La célébration de la fête de l’Indépendance aujourd’hui clôt le délai officieux de la première manche des négociations menées par le Premier ministre désigné, Saad Hariri, de concert avec le président de la République, Michel Aoun, pour former le nouveau gouvernement. Au lendemain de la réunion, mercredi dernier, entre les deux hommes à Baabda, les contacts menés entre les différentes parties ont été quasiment suspendus. Ce gel appelle plusieurs explications.

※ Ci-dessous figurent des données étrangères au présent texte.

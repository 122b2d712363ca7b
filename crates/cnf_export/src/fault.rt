//! Why a case is not written as clauses.

use basics::Fault;

/// The clauses of a case have too many literals.
#[derive(Clone, Copy, Debug)]
pub struct TooLarge;

/// Why a case is not written as clauses.
pub type CnfFault = Fault<TooLarge>;
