//! Models read from text.
ghost use Rattle.std.specs.Prelude.{◌≡◌, ◌≤◌, ◌<◌, ◌+◌, ◌^◌, ℕ, suc, Bool, [], ◌∷◌, length, Some};
ghost use Rattle.std.specs.Prelude.{IfErr, IfOk, IfSome};
ghost use Rattle.std.specs.Option.{option_map_or};
ghost use Rattle.std.specs.List.{slice_split};
ghost use Rattle.memchr.specs.Find.{IsFirstByte};
ghost use Rattle.basics.specs.Laws.Reading.{each, Gives};
ghost use Rattle.cnf_export.specs.declared.model_text.ModelFault.TheVariants.{NoMemory};
ghost use Rattle.cnf_export.specs.ModelText.{is_blank, is_lf, is_passed_over, model_of_text};
ghost use Rattle.cnf_export.specs.ModelText.{words_read};
ghost use Rattle.cnf_export.specs.ModelText.{take_line, next_part, without_v, fault_word, IsWordOf};

use crate::Model;
use crate::word::read_part;
use memchr::memchr;
use std::alloc::{AllocError, Global};

/// Why a text is no model.
#[derive(Clone, Copy)]
pub enum ModelFault {
    /// This is its first word that is none, numbered from 0.
    Word(usize),
    /// There was no memory.
    NoMemory,
}

impl From<AllocError> for ModelFault {
    ghost from_gives = { λ _ fault. fault ≡ NoMemory };

    fn from(_: AllocError) -> Self {
        ModelFault::NoMemory
    }
}

/// The model of `variables` variables that a text says.
pub fn read_model(alloc: Global, text: &[u8], variables: u32) -> Result<Model, ModelFault>
    ensures model { Gives fault_word (λ m. m) result (model_of_text variables text.now) }
    ensures word { IfErr result (IsWordOf text.now) }
{
    let mut flags = vec![in alloc; false; variables as usize]?;
    match read_lines(variables, text, &mut flags) {
        Ok(_) => Ok(Model::from_vec(flags)),
        Err(k) => Err(ModelFault::Word(k)),
    }
}

// Reads all lines; says how many words were read, where no 0 has ended the model.
#[tactic(auto, using(crate::proofs::ModelSteps::reads_on, crate::proofs::ModelSteps::fails_here))]
fn read_lines(limit: u32, text: &[u8], flags: &mut [bool]) -> Result<Option<usize>, usize>
    requires { limit ≤ length flags.old }
    ensures read { Gives Some (λ words. (flags.new, words)) result
        (each (take_line limit) (flags.old, Some 0) (slice_split is_lf text.now)) }
    ensures word { IfErr result (λ k. k ≤ length text.now) }
{
    prove!(text.len() <= usize::MAX);
    let mut words = Some(0);
    let mut rest = text;
    'lines: loop {
        let (line, behind) = cut(rest, memchr(b'\n', rest));
        words = read_line(limit, words, line, flags)?;
        match behind {
            Some(behind) => rest = behind,
            None => return Ok(words),
        }
    }
}

// Reads the words of a line.
#[tactic(auto, using(crate::proofs::ModelSteps::reads_on, crate::proofs::ModelSteps::fails_here))]
fn read_line(
    limit: u32,
    words: Option<usize>,
    line: &[u8],
    flags: &mut [bool],
) -> Result<Option<usize>, usize>
    requires places { limit ≤ length flags.old }
    requires fits { words_read words + length line.now < 2 ^ 64 }
    ensures read { Gives Some (λ after. (flags.new, after)) result
        (take_line limit (flags.old, words) line.now) }
    ensures word { IfErr result (λ k. k ≤ words_read words + length line.now) }
    ensures few { IfOk result (λ after. words_read after ≤ words_read words + length line.now) }
    ensures places { length flags.new ≡ length flags.old }
{
    if passes_over(line) {
        return Ok(words);
    }
    let mut after = words;
    let mut rest = without_v(line);
    'parts: loop {
        let (part, behind) = cut(rest, find_blank(rest));
        after = read_part(limit, after, part, flags)?;
        match behind {
            Some(behind) => rest = behind,
            None => return Ok(after),
        }
    }
}

// What stands before the first byte that passes a test, and what stands behind that byte.
#[tactic(auto, using(crate::proofs::Splits::no_cut))]
fn cut(text: &[u8], first: Option<usize>) -> (&[u8], Option<&[u8]>)
    requires { IfSome first (λ n. n < length text.now) }
    ensures parts { (test : ℕ → Bool) → IsFirstByte test text.now first → slice_split test text.now
        ≡ result.0.now ∷ option_map_or (λ rest. slice_split test rest.now) result.1 [] }
    ensures lengths { length result.0.now
        + option_map_or (λ rest. suc (length rest.now)) result.1 0 ≡ length text.now }
{
    match first {
        Some(n) => {
            let (part, behind) = text.split_at(n);
            (part, Some(&behind[1..]))
        }
        None => (text, None),
    }
}

fn find_blank(line: &[u8]) -> Option<usize>
    ensures { IsFirstByte is_blank line.now result }
{
    'bytes: for n in 0..line.len() {
        if is_blank(line[n]) {
            return Some(n);
        }
    }
    None
}

fn is_blank(b: u8) -> bool
    ensures { result ≡ is_blank b }
{
    b == b' ' || (b == b'\t' || b == b'\r')
}

fn passes_over(line: &[u8]) -> bool
    ensures { result ≡ is_passed_over line.now }
{
    line.len() > 0 && (line[0] == b'c' || line[0] == b's')
}

fn without_v(line: &[u8]) -> &[u8]
    ensures rest { result.now ≡ without_v line.now }
    ensures shorter { length result.now ≤ length line.now }
{
    if line.len() > 0 && line[0] == b'v' && (line.len() == 1 || is_blank(line[1])) {
        &line[1..]
    } else {
        line
    }
}
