//! The words of the command line: the commands of the program, each read by a command of `clap`.
#![tactic(auto)]

mod arguments;
mod command;
mod finding;
mod forms;
mod laws;
mod reading;

pub use command::{ABSENCE_LIMIT, Command, Options};
pub use laws::{usage_is_read, usage_with_options_is_read};
pub use reading::read_words;
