//! How far an encoder has come.
ghost use Rattle.std.specs.Prelude.{◌≡◌, ◌≤◌, ◌<◌, ◌^◌, suc, List, length, false, true, Bool, OnOk};
ghost use Rattle.std.specs.Prelude.{OnErr, IfOk};
ghost use Rattle.cnf_export.specs.Positions.{clause_at, left_from, StandsReady, HasGiven};
ghost use Rattle.cnf_export.specs.Terms.{encoding_in};
ghost use Rattle.std.specs.List.{flat_map};
ghost use Rattle.cnf_export.specs.Laws.Encodings.{Encoding, group_clauses};
ghost use Rattle.cnf_export.specs.declared.group.Group.{Group as AnyGroup};

use crate::Literals;
use crate::group::Group;
use crate::listed::Items;
use crate::terms::Terms;
use std::alloc::{AllocError, Global};
use wf_names::StepId;

/// A group with its parts, of which those before `part` are given or listed, and the items of the
/// part that was listed last, of which those before `item` are given.
#[derive(Drop)]
pub(crate) struct Position {
    next_group: usize,
    current: Group,
    parts: u16,
    part: u16,
    listed: u16,
    items: Items,
    item: usize,
}

/// Gives the next clause, if there is one.
pub(crate) fn give(
    terms: &Terms,
    groups: &[Group],
    at: &mut Position,
    into: &mut Literals,
) -> Result<bool, AllocError>
    ensures given { IfOk result
        (λ more. HasGiven (left_from (encoding_in terms.now) groups.now at.old) more into.new
        (left_from (encoding_in terms.now) groups.now at.new)) }
    ensures unchanged { OnErr result (left_from (encoding_in terms.now) groups.now at.new
        ≡ left_from (encoding_in terms.now) groups.now at.old) }
{
    skip(terms, groups, at)?;
    if at.item >= at.items.len() {
        return Ok(false);
    }
    write_item(terms, at, into)?;
    at.item += 1;
    Ok(true)
}

fn write_item(terms: &Terms, at: &Position, into: &mut Literals) -> Result<(), AllocError>
    requires { at.now.item < length at.now.items }
    ensures { OnOk result (into.new ≡ clause_at (encoding_in terms.now) at.now) }
{
    let item = *at.items.get(at.item);
    terms.write_clause(&at.current, at.listed, item, into)
}

// Goes on to the next item, if there is one. No clause is left out.
fn skip(terms: &Terms, groups: &[Group], at: &mut Position) -> Result<(), AllocError>
    ensures left { left_from (encoding_in terms.now) groups.now at.new
        ≡ left_from (encoding_in terms.now) groups.now at.old }
    ensures ready { OnOk result (StandsReady groups.now at.new) }
{
    'skipping: while at.item >= at.items.len() {
        if at.part < at.parts {
            list_part(terms, groups, at)?;
        } else if at.next_group < groups.len() {
            enter(terms, groups, at);
        } else {
            return Ok(());
        }
    }
    Ok(())
}

// Lists the items of the next part.
fn list_part(terms: &Terms, groups: &[Group], at: &mut Position) -> Result<(), AllocError>
    requires done { length at.old.items ≤ at.old.item }
    requires some { at.old.part < at.old.parts }
    ensures left { left_from (encoding_in terms.now) groups.now at.new
        ≡ left_from (encoding_in terms.now) groups.now at.old }
    ensures parts { OnOk result (at.new.parts ≡ at.old.parts) }
    ensures part { OnOk result (at.new.part ≡ suc at.old.part) }
    ensures group { OnOk result (at.new.next_group ≡ at.old.next_group) }
{
    let _ = groups;
    match terms.list_items(&at.current, at.part, &mut at.items) {
        Ok(()) => {
            at.listed = at.part;
            at.part += 1;
            at.item = 0;
            Ok(())
        }
        Err(e) => {
            at.items.truncate(0);
            Err(e)
        }
    }
}

// Goes on to the next group.
fn enter(terms: &Terms, groups: &[Group], at: &mut Position)
    requires done { length at.old.items ≤ at.old.item }
    requires all { at.old.parts ≤ at.old.part }
    requires some { at.old.next_group < length groups.now }
    ensures left { left_from (encoding_in terms.now) groups.now at.new
        ≡ left_from (encoding_in terms.now) groups.now at.old }
    ensures group { at.new.next_group ≡ suc at.old.next_group }
    ensures few { at.new.parts < 2 ^ 16 }
{
    at.current = groups[at.next_group];
    at.parts = terms.parts(&at.current);
    at.part = 0;
    at.next_group += 1;
}

/// Goes back to before the first group.
pub(crate) fn start(at: &mut Position)
    ensures { (e : Encoding) → (groups : List AnyGroup) → left_from e groups at.new
        ≡ flat_map (group_clauses e) groups }
{
    at.items.truncate(0);
    at.item = 0;
    at.part = 0;
    at.parts = 0;
    at.next_group = 0;
}

impl Position {
    /// Before the first group.
    pub(crate) fn before(alloc: Global) -> Position
        ensures { (e : Encoding) → (groups : List AnyGroup) → left_from e groups result
            ≡ flat_map (group_clauses e) groups }
    {
        Position {
            next_group: 0,
            current: Group::Outside(StepId(0)),
            parts: 0,
            part: 0,
            listed: 0,
            items: Items::new(alloc),
            item: 0,
        }
    }
}
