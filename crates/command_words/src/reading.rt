//! Reading the words of the command line.
ghost use Rattle.std.specs.Prelude.{◌≡◌, IfOk, IfSome, List, map, option_map, string_bytes};
ghost use Rattle.clap.specs.Words.{Row};
ghost use Rattle.command_words.specs.Laws.Words.{command_by, command_of};
ghost use Rattle.command_words.specs.Command.{CanServe, asked};
ghost use Rattle.command_words.specs.Forms.{command_in, form_for};
ghost use Rattle.command_words.specs.Finding.{AreIn};
ghost use Rattle.command_words.specs.declared.forms.Form.TheVariants.{Session};

use crate::Command;
use crate::finding::{Found, found_in};
use crate::forms::{Form, SessionForm};
use clap::error::ErrorKind;
use std::alloc::{AllocError, Global};

/// The command that the words are, where they are one; they are those behind the program's name.
/// There is none where a word is at fault, and where help is asked for. The options of the command
/// are within their limits. Only want of memory is an error.
pub fn read_words<'a>(alloc: Global, words: &'a [String]) -> Result<Option<Command<'a>>, AllocError>
    ensures command { IfOk result (λ c.
        option_map asked c ≡ command_of (map string_bytes words.now)) }
    ensures served { IfOk result (λ c. IfSome c CanServe) }
{
    match words {
        [name, ..] => match Form::named(name.as_str()) {
            Some(form) => read(alloc, form, words),
            None => Ok(None),
        },
        [] => Ok(None),
    }
}

// The command of this form that the words are, if they are one.
fn read<'a>(
    alloc: Global,
    form: Form,
    words: &'a [String],
) -> Result<Option<Command<'a>>, AllocError>
    ensures command { IfOk result (λ c. option_map asked c
        ≡ command_by (form_for form) (command_in form) (map string_bytes words.now)) }
    ensures served { IfOk result (λ c. IfSome c CanServe) }
{
    match form.command(alloc)?.try_get_matches_from(words) {
        Ok(matches) => Ok(command_in(form, found_in(&matches))),
        Err(error) => match error.kind() {
            ErrorKind::OutOfMemory => Err(AllocError),
            _ => Ok(None),
        },
    }
}

// The command of this form, by what was found.
fn command_in<'a>(form: Form, found: Found<'a>) -> Option<Command<'a>>
    ensures command { (rows : List Row) → AreIn rows found.entry
        → option_map asked result ≡ command_in form rows }
    ensures served { (rows : List Row) → AreIn rows found.entry → IfSome result CanServe }
{
    match form {
        Form::Plan => Some(Command::Plan {
            policy: found.policy?,
            flow: found.flow?,
        }),
        Form::Show => Some(Command::Show {
            policy: found.policy?,
        }),
        Form::Solve => Some(Command::Solve {
            policy: found.policy?,
        }),
        Form::Resilience => Some(Command::Resilience {
            policy: found.policy?,
            flow: found.flow?,
            absences: found.absences?,
        }),
        Form::Cnf => Some(Command::Cnf {
            policy: found.policy?,
            flow: found.flow?,
            model: found.model,
        }),
        Form::Trial => Some(Command::Trial { seed: found.seed? }),
        Form::Session(session) => session_in(session, found),
    }
}

// The command that serves a session, by what was found.
fn session_in<'a>(session: SessionForm, found: Found<'a>) -> Option<Command<'a>>
    ensures command { (rows : List Row) → AreIn rows found.entry
        → option_map asked result ≡ command_in (Session session) rows }
    ensures served { (rows : List Row) → AreIn rows found.entry → IfSome result CanServe }
{
    match session {
        SessionForm::Serve => Some(Command::Serve {
            policy: found.policy?,
            options: found.options?,
        }),
        SessionForm::Audit => Some(Command::Audit {
            policy: found.policy?,
            requests: found.requests?,
            options: found.options?,
        }),
        SessionForm::Resume => Some(Command::Resume {
            policy: found.policy?,
            requests: found.requests?,
            transcript: found.transcript?,
            options: found.options?,
        }),
    }
}
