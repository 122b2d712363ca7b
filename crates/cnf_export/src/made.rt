//! The model that says a plan.
ghost use Rattle.std.specs.Prelude.{◌≡◌, ◌<◌, length, IfOk};
ghost use Rattle.policy_book.specs.Policies.{problem_of};
ghost use Rattle.cnf_export.specs.Saying.{has_variable, plan_flags};
ghost use Rattle.cnf_export.specs.Readings.{ReadsBack, SatisfiesWherever};

use crate::Model;
use crate::laws::plans_are_models;
use crate::saying::Planned;
use crate::sizes::{step_count, user_count};
use policy_book::{Course, Plan, Policy};
use std::alloc::{AllocError, Global};
use wf_names::FlowId;

/// The model that says a plan of a workflow: wherever the plan is valid, it satisfies all clauses,
/// and is read back as the plan.
pub fn model_of(alloc: Global, p: &Policy, f: FlowId, plan: &Plan) -> Result<Model, AllocError>
    requires { f < length p.now.flows }
    ensures flags { IfOk result (λ m. m ≡ plan_flags (problem_of p.now f) plan.now) }
    ensures satisfies { IfOk result
        (λ m. SatisfiesWherever (problem_of p.now f) plan.now (has_variable m)) }
    ensures back { IfOk result (λ m. ReadsBack (problem_of p.now f) plan.now (has_variable m)) }
{
    plans_are_models();
    let course = Course {
        policy: p,
        number: f,
    };
    let steps = step_count(&course);
    let users = user_count(&course);
    let planned = Planned { plan, users };
    let mut said = Model::new(alloc);
    planned.say_users(steps, &mut said)?;
    planned.say_until(steps, &mut said)?;
    planned.say_rules(course.rules(), &mut said)?;
    Ok(said)
}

La raison déclarée est l’existence de certains verrous interconnectés au niveau de la répartition des portefeuilles. L’on en retiendra l’exemple illustratif du portefeuille des Travaux publics, qualifié de portefeuille important de service, objet de tractations entre trois parties. Les Forces libanaises (FL) l’ont réclamé dans leur quotepart de quatre portefeuilles, « définitive et indiscutable », pour compenser leur demande inaboutie d’un portefeuille régalien. Les Marada, fixés dès le départ sur l’obtention d’un ministère de service consistant, parce qu’ayant frôlé de près la magistrature suprême, ont dû renoncer à toute velléité d’obtenir l’Énergie (qui leur est refusé par le CPL) et les Télécommunications (souhaités par le courant du Futur), et se réorienter subséquemment vers les Travaux publics. Le président de la Chambre, Nabih Berry, en réaction aux ambitions ministérielles des FL, et l’argument de la rotation invoqué contre lui par plus d’une partie, s’agrippe à ce ministère avec la même ténacité qu’il attache au ministère des Finances. Il aurait d’ailleurs informé Saad Hariri que la quotepart chiite sera de cinq portefeuilles (y compris celui qui relèverait du président de la République).
A première vue, l’on peut se dire que ce schéma est apte à se débloquer par une concession ponctuelle, relativement supportable, par l’une ou l’autre partie, qui servirait le plus grand enjeu: celui de mettre en marche au plus vite le cabinet Hariri, et surtout le mandat Aoun.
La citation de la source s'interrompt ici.